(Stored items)
//! Laws of tenants, and of what leaves them alone.
ghost use Rattle.std.specs.Prelude.{◌≡◌, ℕ, Bool, List, All, map, take};
ghost use Rattle.machine_meaning.specs.Vocabulary.{Faults, IsFaultless, Defects, Covers, Pins};
ghost use Rattle.machine_config.specs.Vocabulary.{IsRun};
ghost use Rattle.machine_image.specs.Vocabulary.{ImageValue, IsImage, IsFreeImage, Uses, drive_of, image_row};
ghost use Rattle.machine_history.specs.Vocabulary.{History, IsRunOver, IsTenantOf, LeavesAlone, LeavesAloneFor, AreAmong, IsDriveFor};
ghost use Rattle.machine_history.specs.Vocabulary.{drive_alone};

/// Each image is a tenant of itself. A tenant uses no wire that the whole doesn't.
pub fn tenants_are_parts()
    ensures itself { (i : ImageValue) → IsTenantOf i i }
    ensures uses { (whole tenant : ImageValue) (w : ℕ) → IsTenantOf whole tenant → Uses tenant w → Uses whole w }
{}

/// Where a list covers the faults and an image touches only what is free, they leave it, in itself, alone. No faults leave each
/// tenant alone, and what leaves one alone still does when some of the faults are taken away.
pub fn fewer_faults_leave_alone()
    ensures covered { (d : Defects) (i : ImageValue) (f : Faults) → IsImage i → IsFreeImage d i → Covers i.config.shape d f →
        LeavesAlone f i i }
    ensures faultless { (whole tenant : ImageValue) (f : Faults) → IsFaultless f → LeavesAlone f whole tenant }
    ensures fewer { (whole tenant : ImageValue) (f more : Faults) → AreAmong f more → LeavesAlone more whole tenant →
        LeavesAlone f whole tenant }
{
    machine_shape::the_numbering_is_sound();
}

/// A tenant that a history leaves alone for n cycles reads in them, at its output pins, as it does by itself on a machine without
/// faults, where its input pins have the same bits and all others 1. The other pins of the whole have any bits, and to all that
/// the tenant doesn't use anything is done, at any instant.
pub fn left_alone_runs_alone()
    ensures { (whole tenant : ImageValue) (h : History) (none : Faults) (n : ℕ) (drives reads alone : List Pins) → IsImage whole →
        IsTenantOf whole tenant → LeavesAloneFor n h whole tenant → IsFaultless none → All (IsDriveFor whole tenant) drives →
        IsRunOver h whole.config drives reads → IsRun none tenant.config (map (drive_alone tenant) drives) alone →
        map (image_row tenant) (take n reads) ≡ map (image_row tenant) (take n alone) }
{}

/// An image that a history leaves, in itself, alone for all cycles reads under vectors as on a machine without faults. So does an
/// image that touches only what a list leaves free, where the list covers the faults of each instant: whatever is done to what is
/// listed.
pub fn left_alone_images_run_alone()
    ensures alone { (i : ImageValue) (h : History) (none : Faults) (n : ℕ) (vectors : List (List Bool)) (reads alone : List Pins) →
        IsImage i → LeavesAloneFor n h i i → IsFaultless none →
        IsRunOver h i.config (map (drive_of i) vectors) reads → IsRun none i.config (map (drive_of i) vectors) alone →
        map (image_row i) (take n reads) ≡ map (image_row i) (take n alone) }
    ensures covered { (d : Defects) (i : ImageValue) (h : History) (none : Faults) (vectors : List (List Bool))
        (reads alone : List Pins) → IsImage i → IsFreeImage d i →
        ((cycle instant : ℕ) → Covers i.config.shape d (h cycle instant)) → IsFaultless none →
        IsRunOver h i.config (map (drive_of i) vectors) reads → IsRun none i.config (map (drive_of i) vectors) alone →
        map (image_row i) reads ≡ map (image_row i) alone }
{
    machine_shape::the_numbering_is_sound();
}
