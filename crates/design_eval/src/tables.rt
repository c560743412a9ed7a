//! Covers as tables.

ghost use Rattle.std.specs.Prelude.{◌≡◌, ◌+◌, ◌<◌, ◌≤◌, ℕ, [], length, slice_index_or};
ghost use Rattle.design_netlist.specs.Valuations.{bit_at};
ghost use Rattle.design_eval.specs.Bits.{AreBelow};
ghost use Rattle.design_eval.specs.Tables.{address, six_bits, AreCells, AreWires, IsTableOf};

use base_table::TABLE_INPUTS;
use design_netlist::{Cover, truth_of};

/// The places of the bits of an address.
const PLACES: [u32; 6] = [0, 1, 2, 3, 4, 5];

/// A cover of at most six inputs: a cell for each bits of its inputs.
#[derive(Clone, Copy)]
pub struct Table {
    /// The inputs, and the cover's output in the places that are left.
    pub wires: [u32; 6],
    /// The cover's truths: bit j of a cell's place is the bit of input j.
    pub cells: [bool; 64],
}

// The lowest six bits of a number.
fn six_bits(n: usize) -> [bool; 6]
    ensures { result ≡ six_bits n }
{
    let a = n / 2;
    let b = a / 2;
    let c = b / 2;
    let d = c / 2;
    let e = d / 2;
    [
        n % 2 == 1,
        a % 2 == 1,
        b % 2 == 1,
        c % 2 == 1,
        d % 2 == 1,
        e % 2 == 1,
    ]
}

/// The truths of a cover of at most six inputs, by the bits of these.
pub fn cells_of(cover: &Cover, count: usize) -> [bool; 64]
    requires count { count ≡ length cover.now.ins }
    requires few { count ≤ 6 }
    requires rows { (k : ℕ) → k < length cover.now.rows → length (slice_index_or cover.now.rows k []) ≡ length cover.now.ins }
    ensures { AreCells cover.now result }
{
    let mut cells = [false; 64];
    'cells: for a in 0..64 {
        cells[a] = truth_of(
            cover.rows.as_slice(),
            cover.off,
            &PLACES[..count],
            &six_bits(a),
        );
    }
    cells
}

/// The inputs of a cover, and its output in the places that are left.
pub fn wires_of(cover: &Cover) -> [u32; 6]
    requires few { length cover.now.ins ≤ 6 }
    ensures { AreWires cover.now result }
{
    let mut wires = [cover.out; 6];
    let ins = cover.ins.as_slice();
    'ins: for k in 0..ins.len() {
        wires[k] = ins[k];
    }
    wires
}

/// The table of a cover, if it has at most six inputs.
pub fn table_of(cover: &Cover) -> Option<Table>
    requires { (k : ℕ) → k < length cover.now.rows → length (slice_index_or cover.now.rows k []) ≡ length cover.now.ins }
    ensures { IsTableOf result cover.now }
{
    let count = cover.ins.as_slice().len();
    if count > TABLE_INPUTS {
        return None;
    }
    let wires = wires_of(cover);
    let cells = cells_of(cover, count);
    Some(Table { wires, cells })
}

/// The place of a cell by the bits of the inputs.
pub fn address_of(wires: &[u32; 6], values: &[bool]) -> usize
    requires { AreBelow (length values.now) wires.now }
    ensures { result ≡ address (bit_at values.now) wires.now }
{
    let mut place = 0;
    'wires: for k in 0..6 {
        place = 2 * place + usize::from(values[wires[5 - k] as usize]);
    }
    place
}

## Assignment
Your reply must be one number, namely the count of lines above that hold the string "only".

## Answer
2